DIVING INTO THE LYRICS AND SOUND OF “DIAMOND STUDDED SHOES”
“Diamond Studded Shoes” is a masterpiece artwork in an exhibition. A dynamic and uplifting song that calls to protest, emerging with a victorious and glorious sound. The true value of the song, however, is exposed by the lyrics which complete the track. “We are the poor ones... working just to make it alright, when we know it isn’t,” she sings. Yola reveals the harsh reality of ordinary people, as society becomes increasingly unequal in terms of wealth and distribution.
In one verse, Yola plays on the phrase “burning our reserves of courage.” She implies that courage is like an asset that people possess to survive, but even that can have limits and erode in the direst circumstances. A powerful message that speaks to a bigger wave of social disparity in the world, the track harnesses a sense of urgency to keep on fighting against injustice.

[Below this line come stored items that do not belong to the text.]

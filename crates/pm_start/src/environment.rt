//! The environment that the program is started with.
ghost use Rattle.std.specs.Prelude.{◌≡◌, ◌≤◌, ◌⊎◌, ◌++◌, ℕ, List, Option, None, true, false, codes, slice_get};
ghost use Rattle.std.specs.Prelude.{option_to_list, vec_len, IfOk, IfSome};
ghost use Rattle.pm_bytes.specs.Name.{is_usable};
ghost use Rattle.pm_start.specs.Variables.{IsEntryAt, front_if, pair_of, pairs_of};
ghost use Rattle.pm_start.specs.Entry.{Lacks, IsEntry, HasUnusable, IsMachineName, name_in};

use crate::{before_sign, first_line};
use pm_bytes::{Memory, Name, NameRefused, Pair, Pairs};
use std::alloc::Global;
use std::env::{Env, FillError};

/// Most entries fit into this room.
const FIRST_ROOM: usize = 1024;

/// The entries of an environment, as `NAME=value`. Clauses on them hold if it shows them.
pub trait Entries {
    /// What it shows of them.
    ghost shown: { Self → Option (List (List ℕ)) };

    /// Copies the entry of this index to the front of the room, and answers its length.
    fn entry(&self, index: usize, room: &mut [u8]) -> Result<usize, FillError>
        ensures { IsEntryAt (shown self.now) index result room.new };
}

// The environment of the machine, of which the system shows nothing.
#[derive(Drop)]
struct SystemEntries<'a, R: Env> {
    env: &'a R,
}

impl<'a, R: Env> Entries for SystemEntries<'a, R> {
    ghost shown = { λ _. None };

    fn entry(&self, index: usize, room: &mut [u8]) -> Result<usize, FillError> {
        self.env.var_at(index, room)
    }
}

/// Reads the variables whose name and value can each be a `Name`, in order.
pub fn read_environment<R: Env>(alloc: Global, env: &R) -> Result<Pairs, Memory> {
    read_entries(alloc, &SystemEntries { env })
}

/// The variables of these entries, in order.
pub fn read_entries<E: Entries>(alloc: Global, entries: &E) -> Result<Pairs, Memory>
    ensures { IfOk result (λ pairs. IfSome (E.shown entries.now) (λ shown. pairs ≡ pairs_of shown)) }
{
    let mut vars = Vec::new(alloc);
    let mut room = vec![in alloc; 0u8; FIRST_ROOM]?;
    for index in 0..usize::MAX {
        match read_entry(alloc, entries, index, &mut room)? {
            Some(length) => push_pair(alloc, &mut vars, &room.as_slice()[..length])?,
            None => return Ok(Pairs::from_vec(vars)),
        }
    }
    Err(Memory)
}

#[tactic(auto, using(crate::proofs::Variables::pushed, crate::proofs::Variables::not_pushed))]
fn push_pair(alloc: Global, vars: &mut Vec<Pair>, entry: &[u8]) -> Result<(), Memory>
    ensures { IfOk result (λ _. vars.new.items ≡ vars.old.items ++ option_to_list (pair_of entry.now)) }
{
    if let Some(pair) = read_pair(alloc, entry)? {
        vars.push(pair)?;
    }
    Ok(())
}

// How many bytes at the front of the room are the entry; None after the last one. The room grows until the entry fits.
fn read_entry<E: Entries>(
    alloc: Global,
    entries: &E,
    index: usize,
    room: &mut Vec<u8>,
) -> Result<Option<usize>, Memory>
    ensures within { IfOk result (λ found. IfSome found (λ length. length ≤ vec_len room.new)) }
    ensures entry { IfOk result (λ found. IfSome (E.shown entries.now)
        (λ shown. slice_get shown index ≡ front_if found room.new.items)) }
{
    for _ in 0..usize::BITS {
        match entries.entry(index, room.as_mut_slice()) {
            Ok(length) => return Ok(Some(length)),
            Err(FillError::NotPresent) => return Ok(None),
            Err(FillError::TooLong) => *room = vec![in alloc; 0u8; room.len().saturating_mul(2)]?,
        }
    }
    Err(Memory)
}

/// The name before the first equals sign and the value after it, where each can be a `Name`.
#[tactic(auto, using(crate::proofs::Machine::unusable_name, crate::proofs::Machine::unusable_value))]
pub fn read_pair(alloc: Global, entry: &[u8]) -> Result<Option<Pair>, Memory>
    ensures pair { IfOk result (λ found. IfSome found (λ pair. IsEntry entry.now pair.name pair.value)) }
    ensures none { IfOk result (λ found. found ≡ None → Lacks 61 entry.now ⊎ HasUnusable entry.now) }
    ensures computed { IfOk result (λ found. found ≡ pair_of entry.now) }
{
    let Some((name, value)) = before_sign(entry, b'=') else {
        return Ok(None);
    };
    let Some(name) = usable(alloc, name)? else {
        return Ok(None);
    };
    let Some(value) = usable(alloc, value)? else {
        return Ok(None);
    };
    Ok(Some(Pair { name, value }))
}

fn usable(alloc: Global, bytes: &[u8]) -> Result<Option<Name>, Memory>
    ensures name { IfOk result (λ found. IfSome found (λ name. (name ≡ bytes.now) × (is_usable bytes.now ≡ true))) }
    ensures none { IfOk result (λ found. found ≡ None → is_usable bytes.now ≡ false) }
{
    match Name::read(alloc, bytes) {
        Ok(name) => Ok(Some(name)),
        Err(NameRefused::Unusable) => Ok(None),
        Err(NameRefused::Memory) => Err(Memory),
    }
}

/// The machine's name, by the text of `/etc/hostname`: its first line, where it can be a name and isn't empty, else
/// `localhost`.
#[tactic(auto, using(crate::proofs::Machine::is_machine_name))]
pub fn machine_name(alloc: Global, text: &[u8]) -> Result<Name, Memory>
    ensures { IfOk result (λ name. IsMachineName text.now name) }
{
    name_or_local(alloc, first_line(text))
}

#[tactic(auto, using(crate::proofs::Machine::name_in_line, crate::proofs::Machine::name_in_other))]
fn name_or_local(alloc: Global, line: &[u8]) -> Result<Name, Memory>
    ensures { IfOk result (λ name. name ≡ name_in line.now) }
{
    if line.is_empty() {
        return local(alloc);
    }
    match usable(alloc, line)? {
        Some(name) => Ok(name),
        None => local(alloc),
    }
}

fn local(alloc: Global) -> Result<Name, Memory>
    ensures { IfOk result (λ name. name ≡ codes "localhost") }
{
    match usable(alloc, b"localhost")? {
        Some(name) => Ok(name),
        None => Err(Memory),
    }
}
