//! A host and the sink for errors, lent for what conditions ask.
ghost use Rattle.pm_conds.specs.Asked.{silent};

use pm_append::say;
use pm_bytes::{Blob, Memory, Name};
use pm_host::{Command, Host, Sink};
use pm_journal::{AllEntries, Asks, Journal, RunEnd};
use pm_pipe::{SinkFaults, run_noted};
use std::alloc::Global;

/// A host and the sink `err` of a run. `out` is the count of faults of the run's standard output, which isn't touched.
#[derive(Drop)]
pub struct Asked<'a, H: Host, E: Sink> {
    pub host: &'a mut H,
    pub err: &'a mut E,
    pub out: u64,
}

impl<'a, H: Host, E: Sink> Asks for Asked<'a, H, E> {
    type Kept = AllEntries;

    ghost use Rattle.std.specs.Prelude.{[], ◌∷◌};
    ghost use Rattle.pm_journal.specs.Entries.{seen_by};

    ghost told = { λ o. seen_by (o.out ∷ o.host.ghost_name ∷ o.err.ghost_name ∷ [])
        (H.told o.host.now) (silent o.out) (E.told o.err.now) };

    fn say(&mut self, journal: &mut Journal, to: Option<Name>, text: Blob) {
        say(&mut *self.host, &mut *self.err, journal, to, text, self.out);
    }

    fn run(
        &mut self,
        alloc: Global,
        journal: &mut Journal,
        command: Command,
        input: Blob,
        want: bool,
    ) -> Result<RunEnd, Memory> {
        let sinks = SinkFaults {
            out: self.out,
            err: self.err.faults(),
        };
        run_noted(alloc, &mut *self.host, journal, command, input, want, sinks)
    }
}
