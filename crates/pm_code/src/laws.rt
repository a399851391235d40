//! Laws on flat code.
ghost use Rattle.pm_code.specs.Laws.{BlocksEnd, WholeAhead, BetweenAhead, BetweenOnce};

/// What stands ahead in code is what stands between its places, and there is one answer to that.
pub fn code_law()
    ensures whole { WholeAhead }
    ensures ahead { BetweenAhead }
    ensures once { BetweenOnce }
{}

/// The end of a block, from which the run goes on where the block isn't entered.
pub fn block_law()
    ensures { BlocksEnd }
{}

Fusing classic pop and symphonic soul, the record embodies a distinct sonic blend. A woman with a bold perspective, Yola’s realistic take on the social structures of inequity is echoed in her work. She sings “You and I are trying, but we don’t get to decide when the man comes for our paychecks, don’t you tell me it will be alright,” not to say give up, but rather to push towards fighting for what is right.